◆ Exercise inputs:

//! Files of an example.
ghost use Rattle.std.specs.Prelude.{◌<◌};
ghost use Rattle.layout.specs.Words.{sector_size};

use crate::card::Card;
use crate::fault::CardFault;
use layout::header::Header;
use layout::table::Table;
use layout::word::{SECTOR_SIZE, SectorBytes};
use numbers::length::{HEADER_SIZE, Length, NEAR_SECTORS, TABLE_SECTORS, tables};
use numbers::name::Name;
use numbers::sector::{Address, Sector};
use std::array;

/// A sector of a run, by the first one's number.
pub(crate) fn nth(first: Sector, i: usize) -> Sector {
    let i = u16::try_from(i).unwrap_or(u16::MAX);
    Sector(first.0.saturating_add(i))
}

/// The name of these bytes.
pub(crate) fn name_of(text: &[u8]) -> Result<Name, CardFault> {
    Name::new(text).ok_or(CardFault::Name)
}

/// A file of an example: its file sectors follow one another from `first` on, and its extension tables from `table` on. Byte p of it is p mod 251.
#[derive(Clone, Copy)]
pub(crate) struct Plan {
    pub name: Name,
    pub length: Length,
    pub first: Sector,
    pub table: Sector,
}

impl Plan {
    /// The address of file sector `i`; none past the end.
    fn address(&self, i: usize) -> Address {
        if i <= self.length.last_sector() as usize {
            Address::from(nth(self.first, i))
        } else {
            Address(0)
        }
    }

    /// The address of extension table `k`; none past the last.
    fn table_address(&self, k: usize) -> Address {
        if k < tables(self.length.last_sector()) as usize {
            Address::from(nth(self.table, k))
        } else {
            Address(0)
        }
    }

    /// What stands before the data.
    fn header(&self) -> Header {
        Header {
            name: self.name,
            length: self.length,
            date: 0,
            tables: array::from_fn(|k| self.table_address(k)),
            sectors: array::from_fn(|i| self.address(i)),
        }
    }

    /// Extension table `k`.
    fn table(&self, k: u32) -> Table {
        let first = NEAR_SECTORS as usize + TABLE_SECTORS as usize * k as usize;
        Table {
            sectors: array::from_fn(|j| self.address(first + j)),
        }
    }

    /// The byte `at` of file sector `i`, zero where no byte of the file lies.
    fn byte(&self, i: u32, at: usize) -> u8
        requires { at < sector_size }
    {
        let place = SECTOR_SIZE * i as usize + at;
        match place.checked_sub(HEADER_SIZE as usize) {
            Some(p) if p < self.length.0 as usize => (p % 251) as u8,
            _ => 0,
        }
    }

    /// Puts the file's sectors to a card.
    pub fn put(&self, card: &mut Card<'_>) -> Result<(), CardFault> {
        let last = self.length.last_sector();
        for i in 0..=last {
            let bytes: SectorBytes = array::from_fn(|at| self.byte(i, at));
            card.put_bytes(nth(self.first, i as usize), 0, &bytes)?;
        }
        for k in 0..tables(last) {
            card.put_table(nth(self.table, k as usize), &self.table(k))?;
        }
        card.put_header(self.first, &self.header())
    }
}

◆ What to produce:
From the listing above, pick out each line where the word "ghost" appears.

◆ The answer:
ghost use Rattle.std.specs.Prelude.{◌<◌};
ghost use Rattle.layout.specs.Words.{sector_size};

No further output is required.